Records provided:
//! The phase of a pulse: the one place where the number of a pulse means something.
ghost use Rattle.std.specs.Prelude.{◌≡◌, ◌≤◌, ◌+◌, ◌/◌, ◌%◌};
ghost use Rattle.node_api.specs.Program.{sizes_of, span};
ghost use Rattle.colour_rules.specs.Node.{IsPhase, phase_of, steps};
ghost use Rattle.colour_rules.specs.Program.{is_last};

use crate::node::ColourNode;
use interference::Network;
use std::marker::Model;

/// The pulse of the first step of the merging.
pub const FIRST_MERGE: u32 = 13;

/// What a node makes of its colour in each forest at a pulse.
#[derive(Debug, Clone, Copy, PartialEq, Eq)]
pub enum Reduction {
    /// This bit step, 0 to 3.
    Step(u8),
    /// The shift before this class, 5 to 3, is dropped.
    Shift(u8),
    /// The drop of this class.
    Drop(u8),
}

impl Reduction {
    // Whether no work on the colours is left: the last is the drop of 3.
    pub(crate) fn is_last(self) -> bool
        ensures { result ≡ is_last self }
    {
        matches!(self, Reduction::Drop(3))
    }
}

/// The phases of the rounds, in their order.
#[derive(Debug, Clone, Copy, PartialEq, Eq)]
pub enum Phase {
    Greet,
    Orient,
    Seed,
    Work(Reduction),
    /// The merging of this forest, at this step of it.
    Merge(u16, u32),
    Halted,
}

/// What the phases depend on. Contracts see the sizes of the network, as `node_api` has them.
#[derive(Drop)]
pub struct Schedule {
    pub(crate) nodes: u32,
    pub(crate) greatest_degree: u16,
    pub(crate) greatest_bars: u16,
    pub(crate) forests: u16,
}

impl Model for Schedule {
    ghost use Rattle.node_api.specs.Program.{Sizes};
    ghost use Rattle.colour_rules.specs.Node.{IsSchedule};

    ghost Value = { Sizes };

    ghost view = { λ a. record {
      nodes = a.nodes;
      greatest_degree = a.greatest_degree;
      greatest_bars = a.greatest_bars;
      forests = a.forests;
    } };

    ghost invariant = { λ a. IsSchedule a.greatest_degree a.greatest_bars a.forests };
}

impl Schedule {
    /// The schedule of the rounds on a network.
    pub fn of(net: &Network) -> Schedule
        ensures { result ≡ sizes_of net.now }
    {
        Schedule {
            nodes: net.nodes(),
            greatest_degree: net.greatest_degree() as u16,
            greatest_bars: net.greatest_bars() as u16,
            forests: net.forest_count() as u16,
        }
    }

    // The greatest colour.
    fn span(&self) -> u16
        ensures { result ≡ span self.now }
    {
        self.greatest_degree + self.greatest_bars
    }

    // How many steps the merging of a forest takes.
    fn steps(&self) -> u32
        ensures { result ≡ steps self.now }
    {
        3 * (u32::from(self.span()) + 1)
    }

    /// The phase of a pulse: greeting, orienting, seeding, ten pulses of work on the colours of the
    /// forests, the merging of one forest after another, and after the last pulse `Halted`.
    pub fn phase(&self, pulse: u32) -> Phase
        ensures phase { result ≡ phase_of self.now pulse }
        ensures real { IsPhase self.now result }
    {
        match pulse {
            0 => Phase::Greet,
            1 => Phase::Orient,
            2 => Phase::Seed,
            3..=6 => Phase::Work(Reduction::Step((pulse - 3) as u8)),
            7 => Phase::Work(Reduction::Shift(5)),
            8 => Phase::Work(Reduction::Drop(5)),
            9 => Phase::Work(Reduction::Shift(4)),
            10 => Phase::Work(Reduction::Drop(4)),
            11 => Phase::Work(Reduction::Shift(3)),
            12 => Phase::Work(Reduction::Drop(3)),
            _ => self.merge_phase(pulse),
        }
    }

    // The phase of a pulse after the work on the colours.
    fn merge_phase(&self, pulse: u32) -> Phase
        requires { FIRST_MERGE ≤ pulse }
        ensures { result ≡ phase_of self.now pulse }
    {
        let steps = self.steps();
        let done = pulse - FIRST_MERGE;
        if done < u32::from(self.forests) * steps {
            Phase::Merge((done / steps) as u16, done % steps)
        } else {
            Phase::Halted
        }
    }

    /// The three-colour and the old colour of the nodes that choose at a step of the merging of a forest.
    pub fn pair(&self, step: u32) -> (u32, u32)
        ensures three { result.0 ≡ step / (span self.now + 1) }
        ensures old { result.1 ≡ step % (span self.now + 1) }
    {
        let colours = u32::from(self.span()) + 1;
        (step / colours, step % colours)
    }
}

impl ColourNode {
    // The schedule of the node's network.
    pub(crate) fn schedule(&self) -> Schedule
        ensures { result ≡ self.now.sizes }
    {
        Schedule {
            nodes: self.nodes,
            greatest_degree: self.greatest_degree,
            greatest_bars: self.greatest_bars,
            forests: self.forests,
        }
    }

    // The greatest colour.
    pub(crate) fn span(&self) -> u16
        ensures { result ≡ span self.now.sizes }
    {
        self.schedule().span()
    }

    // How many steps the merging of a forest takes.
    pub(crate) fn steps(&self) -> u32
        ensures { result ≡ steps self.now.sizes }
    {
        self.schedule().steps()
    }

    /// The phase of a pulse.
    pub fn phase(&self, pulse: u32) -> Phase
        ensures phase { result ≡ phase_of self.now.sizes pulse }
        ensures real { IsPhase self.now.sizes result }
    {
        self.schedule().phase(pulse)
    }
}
==
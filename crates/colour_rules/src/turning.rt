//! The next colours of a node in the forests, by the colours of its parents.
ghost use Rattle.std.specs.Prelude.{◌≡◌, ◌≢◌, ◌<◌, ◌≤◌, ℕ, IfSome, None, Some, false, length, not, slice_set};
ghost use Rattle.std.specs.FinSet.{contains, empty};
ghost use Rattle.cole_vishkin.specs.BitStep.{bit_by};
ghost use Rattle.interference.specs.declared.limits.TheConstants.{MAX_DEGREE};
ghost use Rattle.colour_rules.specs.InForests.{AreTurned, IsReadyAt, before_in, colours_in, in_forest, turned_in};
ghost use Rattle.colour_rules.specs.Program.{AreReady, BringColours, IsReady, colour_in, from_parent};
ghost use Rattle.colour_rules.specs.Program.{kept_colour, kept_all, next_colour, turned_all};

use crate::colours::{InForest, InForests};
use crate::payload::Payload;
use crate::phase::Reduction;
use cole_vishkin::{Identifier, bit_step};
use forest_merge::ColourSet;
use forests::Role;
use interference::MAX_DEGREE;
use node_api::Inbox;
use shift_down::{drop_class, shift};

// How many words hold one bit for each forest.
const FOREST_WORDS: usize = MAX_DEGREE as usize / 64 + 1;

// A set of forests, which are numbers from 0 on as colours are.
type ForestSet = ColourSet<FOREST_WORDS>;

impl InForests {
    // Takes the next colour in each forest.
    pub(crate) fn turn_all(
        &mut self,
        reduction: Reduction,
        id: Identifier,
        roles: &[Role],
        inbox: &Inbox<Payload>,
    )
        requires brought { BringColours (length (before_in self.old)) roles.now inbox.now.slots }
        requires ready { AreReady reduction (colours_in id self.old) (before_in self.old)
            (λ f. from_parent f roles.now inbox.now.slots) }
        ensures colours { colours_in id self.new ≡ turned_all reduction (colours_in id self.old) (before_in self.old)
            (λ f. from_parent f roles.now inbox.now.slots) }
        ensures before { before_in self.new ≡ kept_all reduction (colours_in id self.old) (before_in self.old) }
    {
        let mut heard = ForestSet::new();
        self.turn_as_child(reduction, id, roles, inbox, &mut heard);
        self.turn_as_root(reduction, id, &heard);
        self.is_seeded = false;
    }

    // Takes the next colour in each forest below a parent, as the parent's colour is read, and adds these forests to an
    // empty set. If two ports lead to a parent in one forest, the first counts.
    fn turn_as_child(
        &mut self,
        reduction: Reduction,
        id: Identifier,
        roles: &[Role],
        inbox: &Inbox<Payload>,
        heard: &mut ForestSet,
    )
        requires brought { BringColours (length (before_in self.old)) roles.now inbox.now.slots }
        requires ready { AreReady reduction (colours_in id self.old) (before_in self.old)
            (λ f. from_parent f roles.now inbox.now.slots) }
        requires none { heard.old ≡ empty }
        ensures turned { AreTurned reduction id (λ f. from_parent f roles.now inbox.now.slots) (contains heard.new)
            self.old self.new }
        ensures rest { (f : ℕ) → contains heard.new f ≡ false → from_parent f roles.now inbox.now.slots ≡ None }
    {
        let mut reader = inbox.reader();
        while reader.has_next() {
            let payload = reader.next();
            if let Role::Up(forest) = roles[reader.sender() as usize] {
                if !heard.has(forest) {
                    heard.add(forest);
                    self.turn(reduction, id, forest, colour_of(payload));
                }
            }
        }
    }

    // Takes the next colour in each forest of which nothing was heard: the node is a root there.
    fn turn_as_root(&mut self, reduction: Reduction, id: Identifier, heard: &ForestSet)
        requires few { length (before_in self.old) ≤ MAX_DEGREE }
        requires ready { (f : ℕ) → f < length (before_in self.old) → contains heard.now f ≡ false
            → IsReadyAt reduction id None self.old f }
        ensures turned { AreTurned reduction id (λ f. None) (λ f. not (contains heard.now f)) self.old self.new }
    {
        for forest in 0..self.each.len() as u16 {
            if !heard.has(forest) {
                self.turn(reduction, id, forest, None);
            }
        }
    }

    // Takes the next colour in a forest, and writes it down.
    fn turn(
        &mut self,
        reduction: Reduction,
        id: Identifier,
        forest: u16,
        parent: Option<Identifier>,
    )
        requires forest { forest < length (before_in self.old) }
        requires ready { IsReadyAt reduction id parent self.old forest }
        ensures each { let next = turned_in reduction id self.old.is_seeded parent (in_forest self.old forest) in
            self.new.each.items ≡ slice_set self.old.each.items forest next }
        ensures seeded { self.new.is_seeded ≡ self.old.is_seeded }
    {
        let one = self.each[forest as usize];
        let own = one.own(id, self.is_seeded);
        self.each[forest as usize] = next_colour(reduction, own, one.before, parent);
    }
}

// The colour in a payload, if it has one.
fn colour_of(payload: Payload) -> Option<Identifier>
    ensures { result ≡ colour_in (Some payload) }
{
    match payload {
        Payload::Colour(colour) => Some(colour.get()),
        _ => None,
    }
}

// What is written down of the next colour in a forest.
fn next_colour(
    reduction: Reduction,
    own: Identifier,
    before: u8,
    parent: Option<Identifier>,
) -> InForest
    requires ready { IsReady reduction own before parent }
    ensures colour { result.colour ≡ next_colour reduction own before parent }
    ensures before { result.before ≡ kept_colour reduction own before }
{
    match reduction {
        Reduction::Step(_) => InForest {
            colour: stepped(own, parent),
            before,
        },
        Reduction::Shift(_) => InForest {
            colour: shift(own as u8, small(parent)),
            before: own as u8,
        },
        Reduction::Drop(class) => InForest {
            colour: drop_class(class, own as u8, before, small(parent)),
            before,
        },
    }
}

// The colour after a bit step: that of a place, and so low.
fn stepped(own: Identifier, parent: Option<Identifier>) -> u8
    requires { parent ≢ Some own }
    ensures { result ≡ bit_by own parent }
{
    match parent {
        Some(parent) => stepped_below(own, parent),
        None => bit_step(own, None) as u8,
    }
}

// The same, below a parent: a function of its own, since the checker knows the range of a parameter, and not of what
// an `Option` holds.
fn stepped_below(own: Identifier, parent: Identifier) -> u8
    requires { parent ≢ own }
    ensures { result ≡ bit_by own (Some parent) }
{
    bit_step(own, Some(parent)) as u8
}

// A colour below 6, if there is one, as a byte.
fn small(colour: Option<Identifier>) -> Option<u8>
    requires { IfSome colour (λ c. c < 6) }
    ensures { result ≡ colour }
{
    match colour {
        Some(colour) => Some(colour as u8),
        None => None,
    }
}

Work task: From the material above, set down exactly the lines between the line holding "colour: drop_class(class, own" and the line holding "fn small(colour: Option<Identifier>)", inclusive. Include nothing else.

Output for this exercise:
            colour: drop_class(class, own as u8, before, small(parent)),
            before,
        },
    }
}

// The colour after a bit step: that of a place, and so low.
fn stepped(own: Identifier, parent: Option<Identifier>) -> u8
    requires { parent ≢ Some own }
    ensures { result ≡ bit_by own parent }
{
    match parent {
        Some(parent) => stepped_below(own, parent),
        None => bit_step(own, None) as u8,
    }
}

// The same, below a parent: a function of its own, since the checker knows the range of a parameter, and not of what
// an `Option` holds.
fn stepped_below(own: Identifier, parent: Identifier) -> u8
    requires { parent ≢ own }
    ensures { result ≡ bit_by own (Some parent) }
{
    bit_step(own, Some(parent)) as u8
}

// A colour below 6, if there is one, as a byte.
fn small(colour: Option<Identifier>) -> Option<u8>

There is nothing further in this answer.